After a day of fast developments in the Singapore Grand Prix paddock, as speculation focused on Aston Martin and Red Bull having potentially not complied with the 2021 cost cap limit, Wolff did not hold back in his views about how serious the matter was.
After Red Bull team boss Christian Horner had indicated earlier in the day that his squad’s submission for the 2021 cap was below the circa $145 million limit, Wolff said that flew in the face of what paddock’s senior figures had learned.
“It’s funny Christian says that because it’s been weeks and months they’re being investigated, so maybe he doesn’t speak to his CFO,” Wolff told Sky F1.
“As a matter of fact, we all of us have been investigated diligently. And as far as we understand, there’s a team in minor breach, which is more procedural, and another team that is fundamentally massively over and that is being still looked after. So that’s an open secret in the paddock.”

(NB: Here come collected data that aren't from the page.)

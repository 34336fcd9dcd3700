//! Random formulas, each as a text and as what its text puts into a draft.
use crate::draft::{Draft, Quantified, put_node, put_row};
use crate::node::{Node, Parts};
use crate::random::Random;
use crate::row::{Head, Row};
use std::alloc::{AllocError, Global};

/// A term of a draft.
#[derive(Drop)]
struct Term {
    text: String,
    row: usize,
}

/// A formula of a draft, with its negation.
#[derive(Drop)]
pub(crate) struct Formula {
    pub(crate) text: String,
    pub(crate) node: usize,
    against: usize,
}

/// Who writes: at random, into a draft, with so many variables bound.
#[derive(Drop)]
pub(crate) struct Author {
    pub(crate) alloc: Global,
    pub(crate) random: Random,
    pub(crate) draft: Draft,
    pub(crate) variables: usize,
}

impl Author {
    /// A head without arguments, or a variable.
    fn leaf(&mut self) -> Head {
        let choice = self.random.below(6);
        match choice {
            0 => Head::A,
            1 => Head::B,
            2 => Head::C,
            3 if self.variables > 0 => Head::X,
            4 if self.variables > 1 => Head::Y,
            _ if self.variables > 0 => Head::X,
            _ => Head::A,
        }
    }

    /// The term of a head alone.
    fn leaf_term(&mut self, head: Head) -> Result<Term, AllocError> {
        let row = put_row(
            &mut self.draft.rows,
            Row {
                head,
                args: [None, None],
            },
        )?;
        Ok(Term {
            text: String::from_str(self.alloc, head.name())?,
            row,
        })
    }

    /// The term of a head over one term.
    fn over_one(&mut self, head: Head, arg: Term) -> Result<Term, AllocError> {
        let row = put_row(
            &mut self.draft.rows,
            Row {
                head,
                args: [Some(arg.row), None],
            },
        )?;
        let text = format!(in self.alloc; "({} {})", head.name(), arg.text)?;
        Ok(Term { text, row })
    }

    /// The term of a head over two terms.
    fn over_two(&mut self, head: Head, first: Term, second: Term) -> Result<Term, AllocError> {
        let row = put_row(
            &mut self.draft.rows,
            Row {
                head,
                args: [Some(first.row), Some(second.row)],
            },
        )?;
        let text = format!(in self.alloc; "({} {} {})", head.name(), first.text, second.text)?;
        Ok(Term { text, row })
    }

    /// A leaf at random.
    fn some_leaf(&mut self) -> Result<Term, AllocError> {
        let head = self.leaf();
        self.leaf_term(head)
    }

    /// A leaf, or a function of leaves.
    fn term(&mut self) -> Result<Term, AllocError> {
        let choice = self.random.below(6);
        let first = self.some_leaf()?;
        match choice {
            0 => self.over_one(Head::F, first),
            1 => self.over_one(Head::G, first),
            2 => {
                let second = self.some_leaf()?;
                self.over_two(Head::K, first, second)
            }
            _ => Ok(first),
        }
    }

    /// A formula by its node and that of its negation.
    fn formula(&mut self, text: String, node: Node, against: Node) -> Result<Formula, AllocError> {
        let node = put_node(&mut self.draft.nodes, node)?;
        let against = put_node(&mut self.draft.nodes, against)?;
        Ok(Formula {
            text,
            node,
            against,
        })
    }

    /// The atom of a term.
    fn atom_of(&mut self, term: Term) -> Result<Formula, AllocError> {
        let Term { text, row } = term;
        let positive = Node::Atom {
            positive: true,
            term: row,
        };
        let negative = Node::Atom {
            positive: false,
            term: row,
        };
        self.formula(text, positive, negative)
    }

    /// An equation of two terms.
    fn equation(&mut self) -> Result<Formula, AllocError> {
        let one = self.term()?;
        let other = self.term()?;
        let text = format!(in self.alloc; "(= {} {})", one.text, other.text)?;
        let (left, right) = (one.row, other.row);
        let positive = Node::Equal {
            positive: true,
            left,
            right,
        };
        let negative = Node::Equal {
            positive: false,
            left,
            right,
        };
        self.formula(text, positive, negative)
    }

    /// An equation or an atom.
    fn atom(&mut self) -> Result<Formula, AllocError> {
        match self.random.below(8) {
            0 => {
                let term = self.leaf_term(Head::Q)?;
                self.atom_of(term)
            }
            1 | 2 => {
                let arg = self.term()?;
                let term = self.over_one(Head::P, arg)?;
                self.atom_of(term)
            }
            3 => {
                let first = self.term()?;
                let second = self.term()?;
                let term = self.over_two(Head::R, first, second)?;
                self.atom_of(term)
            }
            _ => self.equation(),
        }
    }

    /// A literal.
    fn literal(&mut self) -> Result<Formula, AllocError> {
        let is_negated = self.random.below(5) < 2;
        let atom = self.atom()?;
        if is_negated {
            return denied(self.alloc, atom);
        }
        Ok(atom)
    }

    /// A disjunction of two or three formulas, or a conjunction of them.
    fn gathered(&mut self, parts: Vec<Formula>) -> Result<Formula, AllocError> {
        let is_each = self.random.below(4) == 0;
        let word = if is_each { "and" } else { "or" };
        let mut text = format!(in self.alloc; "({word}")?;
        let mut selves = [None; 3];
        let mut others = [None; 3];
        for (place, part) in parts.iter().enumerate() {
            text.push_str(" ")?;
            text.push_str(part.text.as_str())?;
            if let (Some(one), Some(other)) = (selves.get_mut(place), others.get_mut(place)) {
                *one = Some(part.node);
                *other = Some(part.against);
            }
        }
        text.push_str(")")?;
        if is_each {
            return self.formula(text, Node::Each(selves), Node::Either(others));
        }
        self.formula(text, Node::Either(selves), Node::Each(others))
    }

    /// An implication.
    fn implication(&mut self, one: Formula, other: Formula) -> Result<Formula, AllocError> {
        let text = format!(in self.alloc; "(=> {} {})", one.text, other.text)?;
        let itself = Node::Either([Some(one.against), Some(other.node), None]);
        let negation = Node::Each([Some(one.node), Some(other.against), None]);
        self.formula(text, itself, negation)
    }

    /// A connective of literals, or one literal.
    fn flat(&mut self) -> Result<Formula, AllocError> {
        let choice = self.random.below(5);
        let first = self.literal()?;
        if choice == 0 {
            return Ok(first);
        }
        let second = self.literal()?;
        if choice == 1 {
            return self.implication(first, second);
        }
        let mut parts = vec![in self.alloc; first, second]?;
        if choice == 2 {
            parts.push(self.literal()?)?;
        }
        self.gathered(parts)
    }

    /// A formula with two connectives at most below one another, and perhaps negations.
    pub(crate) fn any(&mut self) -> Result<Formula, AllocError> {
        let choice = self.random.below(6);
        let first = self.flat()?;
        match choice {
            0 => denied(self.alloc, first),
            1 => {
                let second = self.flat()?;
                self.implication(first, second)
            }
            2 => {
                let second = self.flat()?;
                let parts = vec![in self.alloc; first, second]?;
                self.gathered(parts)
            }
            _ => Ok(first),
        }
    }

    /// A pattern over the variable, or over both.
    fn pattern(&mut self, variable: Head, both: bool) -> Result<Term, AllocError> {
        let choice = self.random.below(5);
        let mut first = self.leaf_term(variable)?;
        if both {
            let second = self.leaf_term(Head::Y)?;
            return self.over_two(if choice < 3 { Head::K } else { Head::R }, first, second);
        }
        if choice == 0 {
            first = self.over_one(Head::G, first)?;
        }
        match choice {
            0 | 1 => self.over_one(Head::F, first),
            2 => self.over_one(Head::G, first),
            3 => {
                let second = self.some_leaf()?;
                self.over_two(Head::K, first, second)
            }
            _ => {
                let term = self.over_one(Head::P, first)?;
                let (text, row) = (term.text.clone()?, term.row);
                let _atom = self.atom_of(term)?;
                Ok(Term { text, row })
            }
        }
    }

    /// The patterns of a trigger, in which all variables are.
    fn trigger(&mut self) -> Result<Vec<Term>, AllocError> {
        let mut patterns = Vec::new(self.alloc);
        if self.variables == 2 && self.random.below(2) == 0 {
            patterns.push(self.pattern(Head::X, true)?)?;
            return Ok(patterns);
        }
        patterns.push(self.pattern(Head::X, false)?)?;
        if self.variables == 2 {
            patterns.push(self.pattern(Head::Y, false)?)?;
        }
        Ok(patterns)
    }

    /// Triggers of a forall, as their text and the rows of their patterns.
    fn triggers(&mut self) -> Result<(String, Vec<Vec<usize>>), AllocError> {
        let mut text = String::new(self.alloc);
        let mut triggers = Vec::new(self.alloc);
        let count = self.random.below(2).saturating_add(1);
        for _ in 0..count {
            text.push_str(" :pattern (")?;
            let mut rows = Vec::new(self.alloc);
            for pattern in self.trigger()? {
                text.push_str(pattern.text.as_str())?;
                text.push_str(" ")?;
                rows.push(pattern.row)?;
            }
            text.push_str(")")?;
            triggers.push(rows)?;
        }
        Ok((text, triggers))
    }

    /// A forall of one variable or two: its text and its node.
    fn forall(&mut self) -> Result<(String, usize), AllocError> {
        let is_double = self.random.below(3) == 0;
        let (variables, bound) = if is_double {
            (2, "(x U) (y U)")
        } else {
            (1, "(x U)")
        };
        self.variables = variables;
        let body = self.flat()?;
        let (patterns, triggers) = self.triggers()?;
        self.variables = 0;
        let index = self.draft.foralls.len();
        self.draft.foralls.push(Quantified {
            variables,
            body: body.node,
            triggers,
        })?;
        let node = put_node(&mut self.draft.nodes, Node::Forall(index))?;
        let text = format!(in self.alloc; "(forall ({bound}) (! {}{patterns}))", body.text)?;
        Ok((text, node))
    }

    /// A forall, alone or as the second part of a disjunction or an implication: its text and its node.
    pub(crate) fn with_forall(&mut self) -> Result<(String, usize), AllocError> {
        let choice = self.random.below(5);
        if choice > 1 {
            return self.forall();
        }
        let first = self.literal()?;
        let (text, forall) = self.forall()?;
        let (word, part) = if choice == 0 {
            ("or", first.node)
        } else {
            ("=>", first.against)
        };
        let parts: Parts = [Some(part), Some(forall), None];
        let node = put_node(&mut self.draft.nodes, Node::Either(parts))?;
        let whole = format!(in self.alloc; "({word} {} {text})", first.text)?;
        Ok((whole, node))
    }
}

/// The formula denied.
fn denied(alloc: Global, formula: Formula) -> Result<Formula, AllocError> {
    let text = format!(in alloc; "(not {})", formula.text)?;
    Ok(Formula {
        text,
        node: formula.against,
        against: formula.node,
    })
}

Wolff said that the issue of a cost cap breach was not something that should be brushed aside because his team had sacrificed car performance, and had to lose staff, to ensure it complied with the limit that was in place. He felt it would be unfair if any over-spending was dealt with leniently.
“It’s heavyweight, it massively heavyweight,” he said about the matter. “We’re using used parts. We are not running what we would want to run; we are not developing what we could be developing.
Max Verstappen, Red Bull Racing RB18
Photo by: Glenn Dunbar / Motorsport Images
“We have made more than 40 people redundant that are dearly missed in our organisation, and it was a huge mammoth project to make the cap.
“I don’t know how many tens of millions we had to restructure and reprocess in order to be below the cap. And if someone has been not doing that, or pushing the boundaries, every million [you don’t spend] is a massive disadvantage.”
While the current issue relates to spending over the 2021 campaign, with the FIA stating that compliance certificates will be issued next week, Wolff believes the implications are massive.
He says that if Red Bull overspent last year, it could carry benefits through this year and in to 2023.
“The crucial part is that if you’ve been over in 2021, then you’ve been over in ‘22,” he said. “That means you have an advantage in ‘23.
“If it’s true that they’ve [Red Bull] homologated the lightweight chassis this year, they may use it next year. So it’s a really a cascade of events that can be influential in all of the three championships.”
The FIA has responded to speculation of cost cap breaches and states no judgement will be made until it completes its assessments.
“The FIA is currently finalising the assessment of the 2021 financial data submitted by all Formula 1 teams. Alleged breaches of the Financial Regulations, if any, will be dealt with according to the formal process set out in the regulations,” an FIA statement read.
“The FIA notes significant and unsubstantiated speculation and conjecture in relation to this matter, and reiterates that the assessment is ongoing and due process will be followed without consideration to any external discussion.”